Thank You, Thank You, Thank You! I’m new at dairy free and haven’t been too enthused at the replacement options found in the grocery store. This recipe is a game changer! I got yogurt, sour cream and ranch dressing out of it! MY friend couldn’t believe there was no dairy in the Ranch dressing I made. I just mixed some mayonnaise, your sour cream, a little olive oil to thin it to the right consistency, a little raw honey, some garlic powder, onion powder, dill and some chives from my garden. OMG! I thought I’d never have Ranch dressing again. My friend said she liked it better than the regular! Can’t wait for my husband to try it. You are a genius!

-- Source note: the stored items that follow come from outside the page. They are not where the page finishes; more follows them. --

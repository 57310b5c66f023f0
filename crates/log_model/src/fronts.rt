//! A law about the first bytes of payloads.
ghost use Rattle.std.specs.Prelude.{◌≡◌, ℕ, List, ◌++◌, IsTrue, replicate, take, true, false};
ghost use Rattle.log_model.specs.Fields.{u32_bytes};
ghost use Rattle.log_model.specs.Samples.{hi_payload};
ghost use Rattle.log_model.specs.Fronts.{has_whole_field};
ghost use Rattle.log_model.specs.Payload.{payload_says, breaks_at};
ghost use Rattle.log_model.specs.Nodes.{Nodes};
ghost use Rattle.log_model.specs.Merges.{record_says, bad_from};

/// What does not fit in the first bytes of a payload fits in no payload that begins so, unless it is a field that they cut
/// off.
pub fn a_front_tells_a_misfit()
    ensures payload { (front rest : List ℕ) (byte : ℕ)
        → payload_says front ≡ breaks_at byte → IsTrue (has_whole_field front byte)
        → payload_says (front ++ rest) ≡ breaks_at byte }
    ensures record { (nodes : Nodes) (front rest : List ℕ) (byte : ℕ)
        → record_says nodes front ≡ bad_from byte → IsTrue (has_whole_field front byte)
        → record_says nodes (front ++ rest) ≡ bad_from byte }
{}

/// Fronts that end in a field, and fronts that cut one off.
pub fn fronts_of_payloads()
    ensures number { has_whole_field (replicate 16 0) 0 ≡ true }
    ensures number_cut_off { has_whole_field (replicate 15 0) 0 ≡ false }
    ensures text { has_whole_field (u32_bytes 17 ++ replicate 17 0) 4 ≡ true }
    ensures text_cut_off { has_whole_field (u32_bytes 17 ++ replicate 16 0) 4 ≡ false }
    ensures zeros { payload_says (replicate 16 0) ≡ breaks_at 0 }
    ensures zeros_behind { payload_says (take 33 hi_payload ++ replicate 64 0) ≡ breaks_at 33 }
    ensures told { has_whole_field (take 33 hi_payload ++ replicate 64 0) 33 ≡ true }
{}
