//! A law about backups. The function has an empty body, and its contract is the law.
ghost use Rattle.std.specs.Prelude.{◌≡◌, ◌≤◌, ℕ, List};
ghost use Rattle.fb_values.specs.declared.facts.Entry.{Entry};
ghost use Rattle.fb_model.specs.History.{basis, upto};
ghost use Rattle.log_model.specs.Log.{LogSays, stands_for, FileSays};
ghost use Rattle.disk_log.specs.Disks.{IsLogFrom};

/// Whatever a backup leaves that breaks off: its log says a beginning of the history and nothing else, with all that the target
/// had before.
pub fn a_backup_reopens_as_a_beginning()
    ensures { (h : List Entry) (n : ℕ) (image : List ℕ) (said : LogSays)
        → IsLogFrom n h image → FileSays image said
        → (m : ℕ) × (n ≤ m) × (m ≤ basis h) × (said ≡ stands_for (upto h m)) }
{}
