//! Appending what a log lacks.
ghost use Rattle.std.specs.Prelude.{◌<◌, ◌++◌, [], ◌∷◌, List, length, OnOk, IfErr};
ghost use Rattle.fb_values.specs.declared.facts.Entry.{Entry};
ghost use Rattle.fb_model.specs.History.{upto};
ghost use Rattle.fb_model.specs.Lawful.{IsLawful, IsLawfulAfter};
ghost use Rattle.disk_log.specs.Logs.{KeepsHistory};
ghost use Rattle.fb_backup.specs.Targets.{HasStopped, HasLeft};

use crate::BackupFault;
use disk_log::DiskLog;
use fb_disk::Disk;
use fb_history::EntryList;
use fb_log::Log;
use fb_values::Entry;
use io_faults::Failed;
use std::alloc::Global;

/// Appends the entries of the history that come after this t.
pub(crate) fn append_behind<D: Disk>(
    alloc: Global,
    entries: &EntryList,
    t: u32,
    log: &mut DiskLog<D>,
) -> Result<(), BackupFault>
    requires lawful { IsLawful entries.now }
    requires within { t < length entries.now }
    ensures kept { OnOk result ((begun : _)
        → KeepsHistory D.bytes D.images D.faults D.moment D.images_since begun
        (upto entries.now t) log.old
        → KeepsHistory D.bytes D.images D.faults D.moment D.images_since begun
        entries.now log.new) }
    ensures stopped { IfErr result (λ fault. (begun : _)
        → KeepsHistory D.bytes D.images D.faults D.moment D.images_since begun
        (upto entries.now t) log.old
        → HasLeft D.bytes D.faults D.moment D.images_since begun entries.now fault log.new) }
{
    let len = entries.len();
    let from = t + 1;
    for next in from..len {
        append(alloc, entries.at(next), log)?;
    }
    Ok(())
}

/// Appends an entry. At Ok it is on the disk.
fn append<D: Disk>(alloc: Global, entry: &Entry, log: &mut DiskLog<D>) -> Result<(), BackupFault>
    requires { (h : List Entry) × IsLawful h × IsLawfulAfter h entry.now }
    ensures kept { OnOk result ((begun : _) (h : List Entry) → IsLawfulAfter h entry.now
        → KeepsHistory D.bytes D.images D.faults D.moment D.images_since begun h log.old
        → KeepsHistory D.bytes D.images D.faults D.moment D.images_since begun
        (h ++ entry.now ∷ []) log.new) }
    ensures stopped { IfErr result (λ fault. (begun : _) (h : List Entry)
        → IsLawfulAfter h entry.now
        → KeepsHistory D.bytes D.images D.faults D.moment D.images_since begun h log.old
        → HasStopped D.bytes D.images D.faults D.moment D.images_since begun h entry.now fault
        log.new) }
{
    let record = DiskLog::<D>::record(alloc, entry)?;
    match log.add(&record) {
        Ok(()) => Ok(()),
        Err(Failed) => Err(BackupFault::Disk),
    }
}
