//! Laws about merge records and kept roots, and examples.
ghost use Rattle.std.specs.Prelude.{◌≡◌, ◌≤◌, ◌<◌, ℕ, List, [], ◌∷◌, ◌++◌, length, map, take, drop};
ghost use Rattle.fb_values.specs.declared.facts.Entry.{Entry};
ghost use Rattle.fb_model.specs.History.{basis};
ghost use Rattle.log_model.specs.Fields.{u32_bytes, u64_bytes, AreAllBytes};
ghost use Rattle.log_model.specs.Nodes.{Nodes, no_nodes, MergeRecord, record_bytes_in};
ghost use Rattle.log_model.specs.Merges.{record_says, merges, bad_from, IsRecordOf};
ghost use Rattle.log_model.specs.Kept.{KeptRoot, with_nodes, kept_roots, Agrees, IsNewestAgreeing, IsCoverage, FileKeeps};
ghost use Rattle.log_model.specs.Samples.{hi_payload, with_byte, leaf_record, leaf_merge, next_record, next_merge, hi};

/// A merge record is read back over the nodes that it was written over, and what is
/// read is its bytes.
pub fn a_merge_record_is_read_back()
    ensures read { (nodes : Nodes) (merge : MergeRecord) (payload : List ℕ)
        → IsRecordOf nodes merge payload → record_says nodes payload ≡ merges merge }
    ensures bytes { (nodes : Nodes) (merge : MergeRecord) (payload : List ℕ)
        → AreAllBytes payload → record_says nodes payload ≡ merges merge
        → IsRecordOf nodes merge payload }
    ensures one { (nodes : Nodes) (first second : MergeRecord) (payload : List ℕ)
        → IsRecordOf nodes first payload → IsRecordOf nodes second payload → first ≡ second }
{}

/// More records keep the roots of those before them.
pub fn more_records_keep_the_roots()
    ensures { (records more : List (List ℕ))
        → (behind : List KeptRoot) × (kept_roots (records ++ more) ≡ kept_roots records ++ behind) }
{}

/// A history is opened with one root at most, and its trees go as far as the history at most.
pub fn one_root_is_the_newest_that_agrees()
    ensures root { (h : List Entry) (kept : List KeptRoot) (root other : KeptRoot)
        → IsNewestAgreeing h kept root → IsNewestAgreeing h kept other → root ≡ other }
    ensures coverage { (h : List Entry) (kept : List KeptRoot) (c other : ℕ)
        → IsCoverage h kept c → IsCoverage h kept other → c ≡ other }
    ensures within { (h : List Entry) (kept : List KeptRoot) (c : ℕ)
        → IsCoverage h kept c → c ≤ basis h }
{}

/// Where no root is kept the history is opened with its first entry's trees, and a root whose c is
/// above the basis agrees with no history.
pub fn roots_that_agree_with_nothing()
    ensures nothing_kept { (h : List Entry) → IsCoverage h [] 0 }
    ensures above_the_basis { (h : List Entry) (root : KeptRoot)
        → basis h < root.c → Agrees h root → ⊥ }
{}

/// A file of bytes keeps one list of roots, whatever the bytes are.
pub fn a_file_keeps_one_list_of_roots()
    ensures one { (file : List ℕ) (kept other : List KeptRoot)
        → FileKeeps file kept → FileKeeps file other → kept ≡ other }
    ensures some { (file : List ℕ)
        → AreAllBytes file → (kept : List KeptRoot) × FileKeeps file kept }
{}

/// The bytes of a merge record of one leaf and one directory, and of one without new nodes.
pub fn merge_records()
    ensures bytes { length leaf_record ≡ 97 }
    ensures leaf { leaf_record ≡ record_bytes_in 2 leaf_merge }
    ensures read { record_says no_nodes leaf_record ≡ merges leaf_merge }
    ensures older { record_says no_nodes (with_byte 0 1 leaf_record) ≡ merges leaf_merge }
    ensures next { next_record
        ≡ 2 ∷ 0 ∷ 0 ∷ 0 ∷ 2 ∷ 0 ∷ 0 ∷ 0 ∷ 0 ∷ 0 ∷ 0 ∷ 0 ∷ 0 ∷ 0 ∷ 0 ∷ 0 ∷ 1 ∷ 0 ∷ 0 ∷ 0 ∷ 0 ∷ 0 ∷ 0
        ∷ 0 ∷ 2 ∷ 0 ∷ 0 ∷ 0 ∷ 0 ∷ 0 ∷ 0 ∷ 0 ∷ 0 ∷ 0 ∷ 0 ∷ 0 ∷ 0 ∷ [] }
    ensures older_node { record_says (with_nodes no_nodes leaf_merge) next_record
        ≡ merges next_merge }
{}

/// Merge records that are bad, each with the byte at which the first misfit begins.
pub fn bad_merge_records()
    ensures format { record_says no_nodes (with_byte 0 3 leaf_record) ≡ bad_from 0 }
    ensures greatest_id { record_says no_nodes (with_byte 9 0x3f leaf_record) ≡ bad_from 65 }
    ensures past_greatest_id { record_says no_nodes (with_byte 9 0x40 leaf_record) ≡ bad_from 9 }
    ensures empty_leaf { record_says no_nodes (with_byte 20 0 leaf_record) ≡ bad_from 17 }
    ensures full_leaf_wanting { record_says no_nodes (with_byte 19 2 (with_byte 20 0 leaf_record))
        ≡ bad_from 65 }
    ensures past_full_leaf { record_says no_nodes (with_byte 19 2 leaf_record) ≡ bad_from 17 }
    ensures symbol_in_the_older { record_says no_nodes (with_byte 0 1 (with_byte 37 8 leaf_record))
        ≡ bad_from 37 }
    ensures id_of_a_leaf { record_says no_nodes (with_byte 60 1 leaf_record) ≡ bad_from 53 }
    ensures empty_directory { record_says no_nodes (with_byte 64 0 leaf_record) ≡ bad_from 61 }
    ensures no_such_leaf { record_says no_nodes (with_byte 72 3 leaf_record) ≡ bad_from 65 }
    ensures directory_of_itself { record_says no_nodes (with_byte 72 2 leaf_record) ≡ bad_from 65 }
    ensures leaf_twice { record_says no_nodes
        (take 61 leaf_record ++ u32_bytes 2 ++ u64_bytes 1 ++ u64_bytes 1 ++ drop 73 leaf_record)
        ≡ bad_from 73 }
    ensures leaf_for_a_directory { record_says no_nodes (with_byte 84 1 leaf_record) ≡ bad_from 77 }
    ensures directory_twice { record_says no_nodes
        (take 73 leaf_record ++ u32_bytes 2 ++ u64_bytes 2 ++ u64_bytes 2 ++ drop 85 leaf_record)
        ≡ bad_from 85 }
    ensures in_two_trees { record_says no_nodes
        (take 85 leaf_record ++ u32_bytes 1 ++ u64_bytes 2 ++ drop 89 leaf_record)
        ≡ bad_from 89 }
    ensures one_byte_short { record_says no_nodes (take 96 leaf_record) ≡ bad_from 93 }
    ensures one_byte_long { record_says no_nodes (leaf_record ++ 0 ∷ []) ≡ bad_from 97 }
    ensures same_id_again { record_says (with_nodes no_nodes leaf_merge) leaf_record ≡ bad_from 9 }
    ensures node_behind { record_says no_nodes next_record ≡ bad_from 17 }
{}

/// The roots that a file keeps: those of the records before the first bad one.
pub fn roots_of_a_file()
    ensures both { map (λ (root : KeptRoot). root.c) (kept_roots (leaf_record ∷ next_record ∷ []))
        ≡ 1 ∷ 2 ∷ [] }
    ensures trees { map (λ (root : KeptRoot). root.lists.eavt)
        (kept_roots (leaf_record ∷ next_record ∷ []))
        ≡ (hi ∷ []) ∷ (hi ∷ []) ∷ [] }
    ensures others { map (λ (root : KeptRoot). root.lists.aevt)
        (kept_roots (leaf_record ∷ next_record ∷ []))
        ≡ [] ∷ [] ∷ [] }
    ensures before_a_bad_one { map (λ (root : KeptRoot). root.c)
        (kept_roots (leaf_record ∷ hi_payload ∷ next_record ∷ []))
        ≡ 1 ∷ [] }
    ensures node_behind { kept_roots (next_record ∷ leaf_record ∷ []) ≡ [] }
    ensures none { kept_roots [] ≡ [] }
{}
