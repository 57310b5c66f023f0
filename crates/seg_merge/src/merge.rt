//! The merge of the four orders.
ghost use Rattle.std.specs.Prelude.{◌≡◌, ℕ, ◌<◌, ◌≤◌, ◌^◌, List, IfOk};
ghost use Rattle.std.specs.List.{All};
ghost use Rattle.fb_values.specs.declared.facts.Entry.{Entry};
ghost use Rattle.fb_values.specs.declared.indexes.Order.{Order};
ghost use Rattle.fb_values.specs.declared.indexes.Order.TheVariants.{Eavt, Aevt, Avet, Vaet};
ghost use Rattle.fb_covers.specs.Coverage.{Coverage};
ghost use Rattle.fb_values.specs.Lists.{Lists, list_in};
ghost use Rattle.seg_tree.specs.Nodes.{tree_datoms, tree_leaves};
ghost use Rattle.seg_tree.specs.Ids.{next_above, AreDistinct, IsInRow, old_leaves};
ghost use Rattle.seg_tree.specs.Indexes.{tree_in, trees_of, root_ids};
ghost use Rattle.seg_merge.specs.Merged.{AreHeld, IsMergeable, IsMerged, KeepsLeaves, due_of};
ghost use Rattle.seg_merge.specs.Merges.{IsPlan, HasOlderLeaves, HasNewDirectories};
ghost use Rattle.seg_merge.specs.Standing.{CanMerge};
ghost use Rattle.view_model.specs.Stands.{RootStands};

use crate::due::due;
use crate::order::planned;
use crate::plan::Plan;
use fb_covers::Covers;
use fb_memory::Memory;
use fb_values::Order;
use live_index::Live;
use seg_tree::Roots;
use std::alloc::Global;
use std::thread;
use std::thread::Threads;

/// The trees of the older ones, which were made by the coverage `held`, and of the live datoms up to the transaction `c`.
/// AVET and VAET hold the attributes of `covers`. The four orders are merged side by side; new nodes are numbered from
/// `first_id` on. Where an order's index still holds all that it held, only leaves that a datom falls into are read.
pub fn merge4<R: Threads + Sync>(
    rt: &R,
    alloc: Global,
    roots: &Roots,
    live: &Live,
    c: u32,
    first_id: u64,
    held: &Covers,
    covers: &Covers,
) -> Result<Roots, Memory>
    requires fresh { next_above (root_ids roots.now) ≤ first_id }
    requires small { first_id ≤ 2 ^ 61 }
    requires mergeable { (order : Order)
        → IsMergeable order (tree_datoms (tree_in roots.now order)) (list_in live.now order) }
    requires held { (order : Order)
        → AreHeld held.now order (tree_datoms (tree_in roots.now order)) }

    ensures merged { IfOk result (λ new. (order : Order)
        → IsMerged order covers.now c (tree_datoms (tree_in roots.now order))
        (list_in live.now order) (tree_datoms (tree_in new order))) }
    ensures stays { IfOk result (λ new. (order : Order)
        → KeepsLeaves order covers.now (tree_leaves (tree_in roots.now order))
        (due_of covers.now c order (list_in live.now order)) (tree_leaves (tree_in new order))) }
    ensures older { IfOk result (λ new. (order : Order)
        → HasOlderLeaves first_id (tree_leaves (tree_in roots.now order))
        (tree_leaves (tree_in new order))) }
    ensures directories { IfOk result (λ new. (order : Order)
        → HasNewDirectories first_id (tree_in new order)) }
    ensures ids { IfOk result (λ new. IsInRow first_id (root_ids new)) }
    ensures distinct { IfOk result (λ new. AreDistinct (root_ids new)) }

    // Where the older trees and the live lists stand for a history, the new trees stand for its entries up to `c`.
    ensures stand { IfOk result (λ new. (h : List Entry) (old : ℕ)
        → CanMerge h old c covers.now (trees_of roots.now) live.now
        → RootStands (trees_of new) h c) }
{
    let plans = Plans::of(rt, alloc, roots, live, c, held, covers)?;
    let merged = plans.build(alloc, first_id)?;
    Ok(merged)
}

/// What the four trees are to be made of.
#[derive(Drop)]
struct Plans {
    eavt: Plan,
    aevt: Plan,
    avet: Plan,
    vaet: Plan,
}

impl Plans {
    ghost use Rattle.seg_merge.specs.Four.{plan_in, kept_ids};

    /// The four plans, made side by side. Where no thread can be started the caller makes them all.
    fn of<R: Threads + Sync>(
        rt: &R,
        alloc: Global,
        roots: &Roots,
        live: &Live,
        c: u32,
        held: &Covers,
        covers: &Covers,
    ) -> Result<Plans, Memory>
        requires mergeable { (order : Order)
            → IsMergeable order (tree_datoms (tree_in roots.now order)) (list_in live.now order) }
        requires held { (order : Order)
            → AreHeld held.now order (tree_datoms (tree_in roots.now order)) }
        ensures { IfOk result (λ plans. (order : Order)
            → IsPlan order covers.now c (tree_in roots.now order) (list_in live.now order)
            (plan_in plans order)) }
    {
        let (by_entity, by_value) = thread::join(
            rt,
            ||
                requires mergeable { (order : Order)
                    → IsMergeable order (tree_datoms (tree_in roots.now order))
                    (list_in live.now order) }
                requires held { (order : Order)
                    → AreHeld held.now order (tree_datoms (tree_in roots.now order)) }
                ensures { IfOk result.0 (λ plan. IsPlan Eavt covers.entry.now c
                    (tree_in roots.entry.now Eavt) (list_in live.entry.now Eavt) plan)
                    × IfOk result.1 (λ plan. IsPlan Aevt covers.entry.now c
                    (tree_in roots.entry.now Aevt) (list_in live.entry.now Aevt) plan) }
            {
                plan_two(
                    rt,
                    alloc,
                    Order::Eavt,
                    Order::Aevt,
                    roots,
                    live,
                    c,
                    held,
                    covers,
                )
            },
            ||
                requires mergeable { (order : Order)
                    → IsMergeable order (tree_datoms (tree_in roots.now order))
                    (list_in live.now order) }
                requires held { (order : Order)
                    → AreHeld held.now order (tree_datoms (tree_in roots.now order)) }
                ensures { IfOk result.0 (λ plan. IsPlan Avet covers.entry.now c
                    (tree_in roots.entry.now Avet) (list_in live.entry.now Avet) plan)
                    × IfOk result.1 (λ plan. IsPlan Vaet covers.entry.now c
                    (tree_in roots.entry.now Vaet) (list_in live.entry.now Vaet) plan) }
            {
                plan_two(
                    rt,
                    alloc,
                    Order::Avet,
                    Order::Vaet,
                    roots,
                    live,
                    c,
                    held,
                    covers,
                )
            },
        );
        Ok(Plans {
            eavt: by_entity.0?,
            aevt: by_entity.1?,
            avet: by_value.0?,
            vaet: by_value.1?,
        })
    }

    /// The trees. Their new nodes are numbered from `first` on, one order after the other.
    fn build(self, alloc: Global, first: u64) -> Result<Roots, Memory>
        requires small { first ≤ 2 ^ 61 }
        requires older { (order : Order) → All (λ leaf. leaf.id < first) (plan_in self order).kept }
        requires once { AreDistinct (kept_ids self) }
        ensures datoms { IfOk result (λ roots. (order : Order)
            → tree_datoms (tree_in roots order) ≡ (plan_in self order).datoms) }
        ensures kept { IfOk result (λ roots. (order : Order)
            → old_leaves first (tree_leaves (tree_in roots order)) ≡ (plan_in self order).kept) }
        ensures directories { IfOk result (λ roots. (order : Order)
            → HasNewDirectories first (tree_in roots order)) }
        ensures ids { IfOk result (λ roots. IsInRow first (root_ids roots)) }
    {
        let (eavt, second) = self.eavt.build(alloc, first)?;
        let (aevt, third) = self.aevt.build(alloc, second)?;
        let (avet, fourth) = self.avet.build(alloc, third)?;
        let (vaet, _) = self.vaet.build(alloc, fourth)?;
        Ok(Roots {
            eavt,
            aevt,
            avet,
            vaet,
        })
    }
}

fn plan_two<R: Threads + Sync>(
    rt: &R,
    alloc: Global,
    first: Order,
    second: Order,
    roots: &Roots,
    live: &Live,
    c: u32,
    held: &Covers,
    covers: &Covers,
) -> (Result<Plan, Memory>, Result<Plan, Memory>)
    requires mergeable { (order : Order)
        → IsMergeable order (tree_datoms (tree_in roots.now order)) (list_in live.now order) }
    requires held { (order : Order)
        → AreHeld held.now order (tree_datoms (tree_in roots.now order)) }
    ensures first { IfOk result.0 (λ plan. IsPlan first covers.now c (tree_in roots.now first)
        (list_in live.now first) plan) }
    ensures second { IfOk result.1 (λ plan. IsPlan second covers.now c (tree_in roots.now second)
        (list_in live.now second) plan) }
{
    thread::join(
        rt,
        || plan_one(alloc, first, roots, live, c, held, covers),
        || plan_one(alloc, second, roots, live, c, held, covers),
    )
}

/// What the tree of one order is to be made of.
fn plan_one(
    alloc: Global,
    order: Order,
    roots: &Roots,
    live: &Live,
    c: u32,
    held: &Covers,
    covers: &Covers,
) -> Result<Plan, Memory>
    requires mergeable { IsMergeable order (tree_datoms (tree_in roots.now order)) (list_in live.now order) }
    requires held { AreHeld held.now order (tree_datoms (tree_in roots.now order)) }
    ensures { IfOk result (λ plan. IsPlan order covers.now c (tree_in roots.now order)
        (list_in live.now order) plan) }
{
    let leaves = roots.tree(order).leaves(alloc)?;
    let due = due(alloc, live, order, c, covers)?;
    let all_stay = held.stays_in(covers, order);
    planned(alloc, order, covers, all_stay, &leaves, &due)
}

/// Trees and live lists that stand for a history may be merged.
pub fn what_stands_may_be_merged()
    ensures { (h : List Entry) (old c : ℕ) (coverage : Coverage) (roots live : Lists)
        → CanMerge h old c coverage roots live → (order : Order)
        → IsMergeable order (list_in roots order) (list_in live order) }
{}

Can I use the yogurt function on my instant pot? I’ve never used it, but I’m hoping it will be even faster than your 15 minutes that you’ve mentioned. I’ve had to go gluten and dairy free and it’s just SO hard to cook for my family and make something completely different for myself, especially when I don’t have TIME to cook even “regular” food. This homemade sour cream could be a life saver for me!
Hi
I just made this last night. After It set it had a curdy look to it and smelled a bit like rotten milk. Did it go bad?
I’m a kidney patient and nuts and beans are no longer part of my diet. Woukd it be possible to make this with rice milk?
Looking forward to trying this. About how much does it make and how long will it last after? Thank you
So wanting to try this, but sadly cannot do soy. I know it has to contain protein in the “milk”, so I was wondering about oat milk? Or has anyone else tried a different plant based milk with success? Love your recipes!! Thank you for sharing your creativity and passion. Bless
Hi, have you tried this with Almond Milk or Rice Milk? I am allergic to the protein in milk, and also to soy and coconut.